Procedure formali per la richiesta
La procedura formale del passaggio al part time prevede che il contratto di lavoro sia scritto e contenga l’indicazione precisa della durata della prestazione lavorativa, oltre alla collocazione. Il lavoratore infatti ha diritto di sapere esattamente quando e per quanto tempo è a disposizione del datore di lavoro.

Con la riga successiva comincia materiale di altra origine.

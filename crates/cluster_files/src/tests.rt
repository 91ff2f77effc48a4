//! Files of clusters: one that is read and written again, other spellings of it, and each fault with its sentence.
use crate::{read, text_of};
use cluster_setup::PublicCluster;
use ledger_model::{AppKind, ReplicaId, Version};
use lm_ots::{TreeHeight, Width};
use std::alloc::Global;

/// The file of four replicas. Their keys are those of the seed of 32 zeros with W4 and H5, as another implementation of RFC 8554 computes
/// them.
const FILE: &str = "bits = 4\nfaults = 1\nframes = 1\nkeys = [\n    \
    \"0000000500000003eb142b0cae0baa72a767ebc0823d1be9d6c2507d2ec8ff28841676d189d72a81a798345dea50263fd12fb9c4b0df5d2b\",\n    \
    \"000000050000000343b9847adfd48a8699d4d494fd7a4ca087f4199325a513c704a728a65ad1ad77358cb9288f1d97f4d219bd0a846d3b99\",\n    \
    \"0000000500000003dc69a7ca35555475677468dfdbaab447547b13d1a3b48079f80f707fabcdd6b7768ec57203ce94da495067258960ff64\",\n    \
    \"0000000500000003f66c0b260c855a013f2d676b22818015a959e50a5c14bcc4cce34692c8700c924123edb73570dee5cca352294ff6a684\",\n\
    ]\nkind = \"kvstore\"\nlevels = 5\nreplicas = 4\n";

/// Another file, in another spelling: frames of version 2, an application of one's own, and keys of W8 and H5. The first is that of replica 2
/// under the seed of 32 bytes 11, by the same other implementation; the others are those above with another type code.
const OTHER_SPELLING: &str =
    "# a public file\nreplicas=4\n'faults' = 0b1\n\"levels\" = 0x5\nkind = 'own' # ours\nbits = +8\nframes = 2\n\
    keys = ['000000050000000458DF850AFD9E2A98CC5FCEC571730C3495AE9979226326196DAFA0409B6154875DEC60117D0E5B0E11743D66F2FFEBBE',\n\
    \"000000050000000443b9847adfd48a8699d4d494fd7a4ca087f4199325a513c704a728a65ad1ad77358cb9288f1d97f4d219bd0a846d3b99\",\n\
    \"0000000500000004dc69a7ca35555475677468dfdbaab447547b13d1a3b48079f80f707fabcdd6b7768ec57203ce94da495067258960ff64\",\n\
    \"0000000500000004f66c0b260c855a013f2d676b22818015a959e50a5c14bcc4cce34692c8700c924123edb73570dee5cca352294ff6a684\"]\n";

/// The file whose value of `keys` is no array.
const NO_ARRAY: &str =
    "bits = 4\nfaults = 1\nframes = 1\nkeys = 4\nkind = \"own\"\nlevels = 5\nreplicas = 4\n";

/// The sentence about a text that describes no cluster.
fn told(alloc: Global, text: &str) -> Option<String> {
    match read(alloc, text) {
        Ok(_) => None,
        Err(fault) => format!(in alloc; "{fault}").ok(),
    }
}

/// The text with another piece in place of the first such piece.
fn edited(alloc: Global, text: &str, old: &str, new: &str) -> Option<String> {
    let (before, after) = text.split_once(old)?;
    format!(in alloc; "{before}{new}{after}").ok()
}

/// Whether the file with such an edit has this fault.
fn is_told(alloc: Global, old: &str, new: &str, wanted: &str) -> bool {
    let Some(text) = edited(alloc, FILE, old, new) else {
        return false;
    };
    match told(alloc, text.as_str()) {
        Some(sentence) => sentence.as_str() == wanted,
        None => false,
    }
}

/// The new piece of the first case whose sentence is another one.
fn first_other<'a>(alloc: Global, cases: &[(&'a str, &'a str, &'a str)]) -> Option<&'a str> {
    for (old, new, wanted) in cases {
        if !is_told(alloc, old, new, wanted) {
            return Some(new);
        }
    }
    None
}

const RANGE: &str = "replicas is a number from 4 to 13";

const FAULTS: &str = "faults is a number from 1 to 4";

const KIND: &str = "kind is \"kvstore\", \"counter\", \"purse\" or \"own\"";

const SIZES: &str = "the key of replica 0 has other sizes than bits and levels say";

#[test]
fn faults_of_names_and_numbers(rt: HostRuntime) {
    let cases = [
        ("bits = 4", "bits = = 4", "line 1 is no TOML"),
        ("kind = ", "kind ", "line 10 is no TOML"),
        (
            "levels = 5",
            "seed = 5",
            "'seed' is no name of a cluster's file",
        ),
        (
            "levels",
            "\"le\\u001bvels\"",
            "'le\\u{1b}vels' is no name of a cluster's file",
        ),
        ("frames = 1\n", "", "frames is missing"),
        ("replicas = 4", "replicas = 3", RANGE),
        ("replicas = 4", "replicas = 14", RANGE),
        ("replicas = 4", "replicas = 260", RANGE),
        ("replicas = 4", "replicas = \"4\"", RANGE),
        ("faults = 1", "faults = 0", FAULTS),
        ("faults = 1", "faults = 5", FAULTS),
        ("faults = 1", "faults = -1", FAULTS),
        ("faults = 1", "faults = 1.0", FAULTS),
        ("frames = 1", "frames = 3", "frames is 1 or 2"),
        ("bits = 4", "bits = 5", "bits is 4 or 8"),
        ("levels = 5", "levels = 15", "levels is 5 or 10"),
        ("kvstore", "KvStore", KIND),
        ("\"kvstore\"", "1", KIND),
        (
            "faults = 1",
            "faults = 2",
            "4 replicas are too few for 2 faults: there are at least 3 * faults + 1",
        ),
    ];
    assert_eq!(rt; first_other(rt.alloc(), &cases), None);
}

#[test]
fn faults_of_keys(rt: HostRuntime) {
    let cases = [
        (
            "replicas = 4",
            "replicas = 5",
            "keys has 4 keys for 5 replicas",
        ),
        (
            "\"0000000500000003eb142b",
            "\"0000000500000003eb142g",
            "the key of replica 0 is not 112 hexadecimal digits",
        ),
        (
            "\"000000050000000343b984",
            "\"000000050000000343b9",
            "the key of replica 1 is not 112 hexadecimal digits",
        ),
        (
            "\"0000000500000003dc69",
            "3, \"0000000500000003dc69",
            "keys has 5 keys for 4 replicas",
        ),
        ("bits = 4", "bits = 8", SIZES),
        ("levels = 5", "levels = 10", SIZES),
        (
            "\"0000000500000003f66c",
            "\"0000000500000009f66c",
            "the key of replica 3 has other sizes than bits and levels say",
        ),
    ];
    assert_eq!(rt; first_other(rt.alloc(), &cases), None);
    let sentence = told(rt.alloc(), NO_ARRAY).expect(&rt, "no array");
    assert!(rt; sentence.as_str() == "keys is an array of public keys");
}

/// Whether the key of the replica has these bytes at its place 8.
fn begins(cluster: &PublicCluster, replica: u8, first: u8, second: u8) -> bool {
    match cluster.ring.key(ReplicaId::new(replica)) {
        Some(key) => {
            let bytes = key.as_bytes();
            bytes[8] == first && bytes[9] == second
        }
        None => false,
    }
}

/// Whether the cluster is that of the file.
fn is_filed(cluster: &PublicCluster) -> bool {
    let config = cluster.config;
    let params = cluster.params;
    config.replicas == 4
        && config.faults == 1
        && config.kind == AppKind::KvStore
        && config.frames == Version::One
        && params.width == Width::W4
        && params.height == TreeHeight::H5
        && begins(cluster, 0, 0xeb, 0x14)
        && begins(cluster, 3, 0xf6, 0x6c)
        && cluster.ring.key(ReplicaId::new(4)).is_none()
}

/// Whether the cluster is that of the other spelling.
fn is_other(cluster: &PublicCluster) -> bool {
    let config = cluster.config;
    config.replicas == 4
        && config.kind == AppKind::Own
        && config.frames == Version::Two
        && cluster.params.width == Width::W8
        && begins(cluster, 0, 0x58, 0xdf)
        && begins(cluster, 1, 0x43, 0xb9)
}

/// The text that is written for the cluster that a text describes.
fn rewritten(alloc: Global, text: &str) -> Option<String> {
    let cluster = read(alloc, text).ok()?;
    text_of(alloc, &cluster).ok()
}

#[test]
fn a_file_is_read_and_written_again(rt: HostRuntime) {
    let alloc = rt.alloc();
    let text = rewritten(alloc, FILE).expect(&rt, "the file describes a cluster");
    assert!(rt; text.as_str() == FILE);
}

/// Whether the file's cluster is read.
fn reads_file(alloc: Global) -> bool {
    match read(alloc, FILE) {
        Ok(cluster) => is_filed(&cluster),
        Err(_) => false,
    }
}

/// Whether the other spelling's cluster is read.
fn reads_other(alloc: Global) -> bool {
    match read(alloc, OTHER_SPELLING) {
        Ok(cluster) => is_other(&cluster),
        Err(_) => false,
    }
}

#[test]
fn files_are_read(rt: HostRuntime) {
    let alloc = rt.alloc();
    assert!(rt; reads_file(alloc));
    assert!(rt; reads_other(alloc));
}
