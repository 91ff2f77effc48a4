//! The metrics of replicas, in Prometheus' text format 0.0.4.
ghost use Rattle.std.specs.Prelude.{◌≡◌, ◌++◌, IfOk, OnOk};
ghost use Rattle.std.specs.String.{string_bytes};
ghost use Rattle.std.specs.List.{flat_map};
ghost use Rattle.http_messages.specs.Metrics.{cause_name, metric_name, metric_help, metric_kind, metric_value, comment_text, sample_text, metric_text, ignored_text, all_ignored_text, metrics_text};

use crate::frame_counts::FrameCounts;
use ledger_model::{Height, Ignored, ReplicaId};
use std::alloc::{AllocError, Global};

/// The metrics of one replica: what it shows of itself at one moment.
#[derive(Clone, Copy, Debug)]
pub struct ReplicaMetrics {
    pub replica: ReplicaId,
    /// Its open round, 0 before the first.
    pub rounds: u32,
    /// The last height that it committed.
    pub height: Height,
    /// How many one-time signatures its key pair has left.
    pub signatures_left: u32,
    /// How many transactions wait in its pool.
    pub pool_transactions: u64,
    /// How many entries its history has.
    pub history_entries: u64,
    /// The frames among these entries, by its answer.
    pub frames: FrameCounts,
    /// How many frames for it were lost at its full inbox.
    pub frames_lost: u64,
}

/// A metric with one number for each replica.
#[derive(Clone, Copy)]
enum Metric {
    Rounds,
    Height,
    SignaturesLeft,
    PoolTransactions,
    HistoryEntries,
    FramesLost,
    FramesAccepted,
}

impl Metric {
    /// Its name.
    fn name(self) -> &'static str
        ensures { result.now ≡ metric_name self }
    {
        match self {
            Metric::Rounds => "abft_rounds",
            Metric::Height => "abft_height",
            Metric::SignaturesLeft => "abft_signatures_left",
            Metric::PoolTransactions => "abft_pool_transactions",
            Metric::HistoryEntries => "abft_history_entries",
            Metric::FramesLost => "abft_frames_lost_total",
            Metric::FramesAccepted => "abft_frames_accepted_total",
        }
    }

    /// What it is, in words.
    fn help(self) -> &'static str
        ensures { result.now ≡ metric_help self }
    {
        match self {
            Metric::Rounds => "The open round of the replica.",
            Metric::Height => "The last height that the replica committed.",
            Metric::SignaturesLeft => "One-time signatures that its key pair has left.",
            Metric::PoolTransactions => "Transactions that wait for a block.",
            Metric::HistoryEntries => "Entries of the history.",
            Metric::FramesLost => "Frames that a full inbox lost.",
            Metric::FramesAccepted => "Frames that the replica accepted.",
        }
    }

    /// A gauge is a number as it is now, a counter only grows.
    fn kind(self) -> &'static str
        ensures { result.now ≡ metric_kind self }
    {
        match self {
            Metric::FramesLost | Metric::FramesAccepted => "counter",
            _ => "gauge",
        }
    }

    /// The value of the metric for a replica.
    fn value_of(self, of: &ReplicaMetrics) -> u64
        ensures { result ≡ metric_value self of.now }
    {
        match self {
            Metric::Rounds => u64::from(of.rounds),
            Metric::Height => u64::from(of.height.number()),
            Metric::SignaturesLeft => u64::from(of.signatures_left),
            Metric::PoolTransactions => of.pool_transactions,
            Metric::HistoryEntries => of.history_entries,
            Metric::FramesLost => of.frames_lost,
            Metric::FramesAccepted => of.frames.accepted,
        }
    }
}

/// All metrics with one number for each replica.
const METRICS: [Metric; 7] = [
    Metric::Rounds,
    Metric::Height,
    Metric::SignaturesLeft,
    Metric::PoolTransactions,
    Metric::HistoryEntries,
    Metric::FramesLost,
    Metric::FramesAccepted,
];

/// All causes, in the order of their numbers.
const CAUSES: [Ignored; 11] = [
    Ignored::Malformed,
    Ignored::Signer,
    Ignored::NoRow,
    Ignored::WrongRound,
    Ignored::WrongPhase,
    Ignored::NotOwner,
    Ignored::Repeated,
    Ignored::BadSignature,
    Ignored::BadProof,
    Ignored::TableFull,
    Ignored::NotMine,
];

/// The name of a cause: its text without its number.
fn cause_name(cause: Ignored) -> &'static str
    ensures { result.now ≡ cause_name cause }
{
    let Some((_, name)) = cause.text().split_once(' ') else {
        unreachable!();
    };
    name
}

/// Appends the lines that say what a metric is.
#[tactic(auto, unfolding(crate::specs::Metrics::comment_text))]
fn add_head(out: &mut String, name: &str, help: &str, kind: &str) -> Result<(), AllocError>
    ensures { OnOk result (string_bytes out.new ≡ string_bytes out.old ++ comment_text name.now help.now kind.now) }
{
    write!(out, "# HELP {name} {help}\n# TYPE {name} {kind}\n")
}

/// Appends the line of a metric for a replica.
#[tactic(auto, unfolding(crate::specs::Metrics::sample_text))]
fn add_sample(out: &mut String, metric: Metric, of: &ReplicaMetrics) -> Result<(), AllocError>
    ensures { OnOk result (string_bytes out.new ≡ string_bytes out.old ++ sample_text metric of.now) }
{
    let name = metric.name();
    let number = of.replica.number();
    let value = metric.value_of(of);
    write!(out, "{name}{{replica=\"{number}\"}} {value}\n")
}

/// Appends the lines of a metric for all replicas.
fn add_metric(
    out: &mut String,
    metric: Metric,
    replicas: &[ReplicaMetrics],
) -> Result<(), AllocError>
    ensures { OnOk result (string_bytes out.new ≡ string_bytes out.old ++ metric_text replicas.now metric) }
{
    add_head(out, metric.name(), metric.help(), metric.kind())?;
    for of in replicas {
        add_sample(out, metric, of)?;
    }
    Ok(())
}

/// Appends the lines of metrics, one after another.
fn add_metrics(
    out: &mut String,
    metrics: &[Metric],
    replicas: &[ReplicaMetrics],
) -> Result<(), AllocError>
    ensures { OnOk result (string_bytes out.new ≡ string_bytes out.old ++ flat_map (metric_text replicas.now) metrics.now) }
{
    for metric in metrics {
        add_metric(out, *metric, replicas)?;
    }
    Ok(())
}

/// Appends the line of the frames that a replica ignored for a cause.
#[tactic(auto, unfolding(crate::specs::Metrics::ignored_text))]
fn add_ignored_for(out: &mut String, of: &ReplicaMetrics, cause: Ignored) -> Result<(), AllocError>
    ensures { OnOk result (string_bytes out.new ≡ string_bytes out.old ++ ignored_text of.now cause) }
{
    let replica = of.replica.number();
    let cause_name = cause_name(cause);
    let value = of.frames.ignored_for(cause);
    write!(
        out,
        "abft_frames_ignored_total{{replica=\"{replica}\",cause=\"{cause_name}\"}} {value}\n"
    )
}

/// Appends the lines of the frames that a replica ignored, for these causes.
fn add_ignored(out: &mut String, of: &ReplicaMetrics, causes: &[Ignored]) -> Result<(), AllocError>
    ensures { OnOk result (string_bytes out.new ≡ string_bytes out.old ++ flat_map (ignored_text of.now) causes.now) }
{
    for cause in causes {
        add_ignored_for(out, of, *cause)?;
    }
    Ok(())
}

/// Appends the lines of the metric of ignored frames, for all replicas.
fn add_all_ignored(out: &mut String, replicas: &[ReplicaMetrics]) -> Result<(), AllocError>
    ensures { OnOk result (string_bytes out.new ≡ string_bytes out.old ++ all_ignored_text replicas.now) }
{
    add_head(
        out,
        "abft_frames_ignored_total",
        "Frames that the replica ignored, by the first cause that fits.",
        "counter",
    )?;
    for of in replicas {
        add_ignored(out, of, &CAUSES)?;
    }
    Ok(())
}

/// The metrics of these replicas.
#[tactic(auto, unfolding(crate::specs::Metrics::metrics_text))]
pub(crate) fn metrics(alloc: Global, replicas: &[ReplicaMetrics]) -> Result<String, AllocError>
    ensures { IfOk result (λ text. string_bytes text ≡ metrics_text replicas.now) }
{
    let mut text = String::new(alloc);
    add_metrics(&mut text, &METRICS, replicas)?;
    add_all_ignored(&mut text, replicas)?;
    Ok(text)
}
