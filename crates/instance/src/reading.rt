//! How an instance reads a frame of its height.
ghost use Rattle.std.specs.Prelude.{◌≡◌, ◌≤◌, true, IsTrue};
ghost use Rattle.ledger_model.specs.Notes.{is_ack};
ghost use Rattle.ledger_model.specs.Rules.{has_owner};
ghost use Rattle.instance.specs.Reads.{cause_of_fault};
ghost use Rattle.ledger_model.specs.Limits.{last_round};

use crate::height::Instance;
use key_ring::KeyRing;
use ledger_model::{
    Ack, Batch, Config, Ignored, Place, Signature, SignedReport, Statement, has_phase, has_place,
    phase_of, place_of,
};
use lock_proofs::{LockFault, LockFrame, check_lock_with};
use signed_frames::Frame;
use std::alloc::{AllocError, Global};
use verify_cache::CheckSignatures;

/// Whether the statement is no lock, or a lock of its phase's owner.
fn has_owner(config: &Config, statement: &Statement) -> bool
    ensures { result ≡ has_owner config.now statement.now }
{
    match statement {
        Statement::Lock(lock) => lock.signer == config.owner_of(lock.phase),
        Statement::Report(_) | Statement::Ack(_) => true,
    }
}

/// Why a lock that isn't valid is ignored.
fn cause_of(fault: LockFault) -> Ignored
    ensures { result ≡ cause_of_fault fault }
{
    match fault {
        LockFault::NotOwner => Ignored::NotOwner,
        LockFault::BadSignature => Ignored::BadSignature,
        LockFault::BadProof | LockFault::NotSupporting => Ignored::BadProof,
    }
}

/// The acknowledgement in a frame that contains one.
pub(crate) fn into_ack(frame: Frame) -> Ack
    requires { IsTrue (is_ack (λ a. true) frame.statement) }
    ensures { frame.statement ≡ Statement.Ack result }
{
    match frame.into_statement() {
        Statement::Ack(ack) => ack,
        Statement::Report(_) | Statement::Lock(_) => unreachable!(),
    }
}
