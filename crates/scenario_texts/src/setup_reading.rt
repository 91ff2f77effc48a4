//! Reads the lines before the commands: the cluster, the parameter set of its keys, and its liars.
ghost use Rattle.std.specs.Prelude.{◌≡◌, map, option_map, IfSome};
ghost use Rattle.ledger_model.specs.declared.version.Version.TheVariants.{One};
ghost use Rattle.scenario_texts.specs.Reading.{config_of, params_from};

use crate::fields::three_numbers;
use ledger_model::{AppKind, AppKinds, Config};
use lm_ots::{Params, TreeHeight, Width};

/// `config N T KIND`, in a program that has these kinds.
#[tactic(auto, unfolding(crate::specs::Reading::config_of))]
pub(crate) fn config(kinds: AppKinds, fields: &[&str]) -> Option<Config>
    ensures read { option_map (λ c. (c.replicas, c.faults, c.kind)) result ≡ config_of kinds (map (λ field. field.now) fields.now) }
    ensures first { IfSome result (λ config. config.frames ≡ One) }
{
    let (replicas, faults, number) = three_numbers(fields)?;
    let kind = AppKind::from_number(number)?;
    if !kinds.has(kind) {
        return None;
    }
    let replicas = u8::try_from(replicas).ok()?;
    let faults = u8::try_from(faults).ok()?;
    Config::new(replicas, faults, kind).ok()
}

/// The parameter set of a width and a height of the tree.
#[tactic(auto, unfolding(crate::specs::Reading::params_from))]
pub(crate) fn params(numbers: (u32, u32)) -> Option<Params>
    ensures { result ≡ params_from numbers }
{
    let width = match numbers.0 {
        4 => Width::W4,
        8 => Width::W8,
        _ => return None,
    };
    let height = match numbers.1 {
        5 => TreeHeight::H5,
        10 => TreeHeight::H10,
        _ => return None,
    };
    Some(Params { width, height })
}
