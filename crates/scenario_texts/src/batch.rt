//! Reads batches: transactions in brackets, separated by commas.
ghost use Rattle.std.specs.Prelude.{◌≡◌, ◌==◌, ◌<◌, ◌≤◌, map, option_map, IfOk, IfSome, length};
ghost use Rattle.std.specs.List.{slice_split};
ghost use Rattle.ledger_model.specs.Versions.{batch_limit};
ghost use Rattle.scenario_texts.specs.Reading.{bracketed, elements, tx_of, txs_of, batch_of};

use crate::fields::bytes;
use ledger_model::{Batch, Tx, Version};
use std::alloc::{AllocError, Global};

/// The words of the text, which this separator separates.
pub(crate) fn words(alloc: Global, text: &str, separator: char) -> Result<Vec<&str>, AllocError>
    requires { separator < 128 }
    ensures { IfOk result (λ words. map (λ word. word.now) words.items ≡ slice_split (λ b. b == separator) text.now) }
{
    text.split(separator).collect(alloc)
}

/// The text between the brackets.
#[tactic(auto, unfolding(crate::specs::Reading::bracketed))]
fn bracketed(word: &str) -> Option<&str>
    ensures { option_map (λ inner. inner.now) result ≡ bracketed word.now }
{
    let Some(rest) = word.strip_prefix('[') else {
        return None;
    };
    rest.strip_suffix(']')
}

/// The words between the commas; none if there is nothing in the brackets.
#[tactic(auto, unfolding(crate::specs::Reading::elements))]
fn elements(alloc: Global, inner: &str) -> Result<Vec<&str>, AllocError>
    ensures { IfOk result (λ words. map (λ word. word.now) words.items ≡ elements inner.now) }
{
    if inner.is_empty() {
        return Ok(Vec::new(alloc));
    }
    words(alloc, inner, ',')
}

/// The transaction that the word encodes, if it encodes one.
#[tactic(auto, unfolding(crate::specs::Reading::tx_of))]
fn transaction(alloc: Global, word: &str) -> Result<Option<Tx>, AllocError>
    ensures { IfOk result (λ found. found ≡ tx_of word.now) }
{
    match bytes(alloc, word)? {
        Some(bytes) => Ok(Tx::new(bytes).ok()),
        None => Ok(None),
    }
}

/// The transactions that the words encode, if each encodes one.
fn transactions(alloc: Global, words: &[&str]) -> Result<Option<Vec<Tx>>, AllocError>
    ensures { IfOk result (λ found. option_map (λ transactions. transactions.items) found ≡ txs_of (map (λ word. word.now) words.now)) }
{
    let mut transactions = Vec::with_capacity(alloc, words.len())?;
    for word in words {
        let Some(transaction) = transaction(alloc, word)? else {
            return Ok(None);
        };
        transactions.push(transaction)?;
    }
    Ok(Some(transactions))
}

/// The batch that the word encodes, if it encodes one that frames of this version carry.
#[tactic(auto, unfolding(crate::specs::Reading::batch_of))]
pub(crate) fn batch(
    version: Version,
    alloc: Global,
    word: &str,
) -> Result<Option<Batch>, AllocError>
    ensures read { IfOk result (λ found. found ≡ batch_of version word.now) }
    ensures fits { IfOk result (λ found. IfSome found (λ batch. length batch ≤ batch_limit version)) }
{
    let Some(inner) = bracketed(word) else {
        return Ok(None);
    };
    let words = elements(alloc, inner)?;
    let Some(transactions) = transactions(alloc, words.as_slice())? else {
        return Ok(None);
    };
    if transactions.len() > version.batch_limit() {
        return Ok(None);
    }
    Ok(Batch::new(transactions).ok())
}
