//! Applications of the ledger: the calls of ABCI 0.17.0 that an engine makes, with a meaning for each.
//!
//! An [`Application`] is a state machine. Between blocks it has a committed state and a height; within a block it also
//! has a working state. Code that runs blocks or checks transactions is generic over the application. If the kind is
//! chosen at run time, the type parameter is an enum of applications, which forwards each call.
#![tactic(auto)]

mod application;
mod info;

pub use application::Application;
pub use info::{CheckKind, Info, QueryFault};
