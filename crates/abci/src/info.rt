//! The arguments and results of an application's calls, apart from transactions.
use thiserror::Error;

/// What an application returns about itself (ABCI's `ResponseInfo`).
#[derive(Clone, Copy, Debug, PartialEq, Eq)]
pub struct Info {
    /// The number of blocks that it committed (`last_block_height`).
    pub height: u32,
    /// The SHA-256 of the committed state's encoding (`last_block_app_hash`).
    pub hash: [u8; 32],
}

/// Why a transaction is checked (ABCI's `CheckTxType`).
#[derive(Clone, Copy, Debug, PartialEq, Eq)]
pub enum CheckKind {
    /// The transaction is new.
    New,
    /// The transaction is in the pool, and a block was committed since.
    Recheck,
}

/// Why a query gets no answer.
#[derive(Clone, Copy, Debug, PartialEq, Eq, Error)]
pub enum QueryFault {
    /// The height is neither 0 nor that of the last block.
    #[error("only the last height can be asked about")]
    NotHeld,
    /// Memory ran out.
    #[error("no memory for the answer")]
    NoMemory,
}
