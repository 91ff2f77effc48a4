//! The paths that are answered.
ghost use Rattle.std.specs.Prelude.{◌≡◌};
ghost use Rattle.http_messages.specs.Endpoints.{endpoint_of};

/// A path that is answered.
#[derive(Clone, Copy)]
pub(crate) enum Endpoint {
    Page,
    Health,
    Status,
    AbciInfo,
    AbciQuery,
    Block,
    UnconfirmedTxs,
    BroadcastSync,
    BroadcastCommit,
    Metrics,
}

/// The endpoint that the text is the path of.
#[tactic(auto, unfolding(crate::specs::Endpoints::endpoint_of))]
fn endpoint_named(path: &str) -> Option<Endpoint>
    ensures { result ≡ endpoint_of path.now }
{
    match path {
        "/" => Some(Endpoint::Page),
        "/health" => Some(Endpoint::Health),
        "/status" => Some(Endpoint::Status),
        "/abci_info" => Some(Endpoint::AbciInfo),
        "/abci_query" => Some(Endpoint::AbciQuery),
        "/block" => Some(Endpoint::Block),
        "/num_unconfirmed_txs" => Some(Endpoint::UnconfirmedTxs),
        "/broadcast_tx_sync" => Some(Endpoint::BroadcastSync),
        "/broadcast_tx_commit" => Some(Endpoint::BroadcastCommit),
        "/metrics" => Some(Endpoint::Metrics),
        _ => None,
    }
}

/// The endpoint that the bytes are the path of.
pub(crate) fn endpoint_of(path: &[u8]) -> Option<Endpoint>
    ensures { result ≡ endpoint_of path.now }
{
    match str::from_utf8(path) {
        Ok(path) => endpoint_named(path),
        Err(_) => None,
    }
}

È possibile, infine, se lo si vuole, svolgere due lavori part time.
Qualche accorgimento
In sintesi, il part time si richiede al datore di lavoro, che valuta se accettare o meno, facendo considerazioni di ordine economico, ma anche organizzativo. E’ buona norma, se si sta valutando di procedere con una richiesta fare una valutazione autonoma di alcune condizioni generali. Per esempio: quali condizioni sta vivendo l’azienda? Il part time potrebbe essere un vantaggio o un problema? Ci sono altre persone che hanno fatto o stanno facendo la stessa richiesta? Possiamo essere sostituiti con (relativa) facilità? Quali conseguenze può avere per i nostri colleghi il part time?
È utile pensare, per quanto possibile, anche a una prospettiva temporale più ampia. Se nel futuro vorremmo tornare al tempo pieno, sarà facile, difficile, impossibile? È una scelta che può avere influenze nel raggiungimento dei nostri obiettivi professionali?
Una riflessione di questo tipo ci aiuta anche nel formulare la richiesta di lavorare part time in maniera più trasparente e autentica. Offrire al datore di lavoro un quadro delle nostre motivazioni, valutate in un sistema più ampio e tenendo presenti le necessità dell’organizzazione di cui si fa parte, non può che favorire la comprensione e la collaborazione reciproca.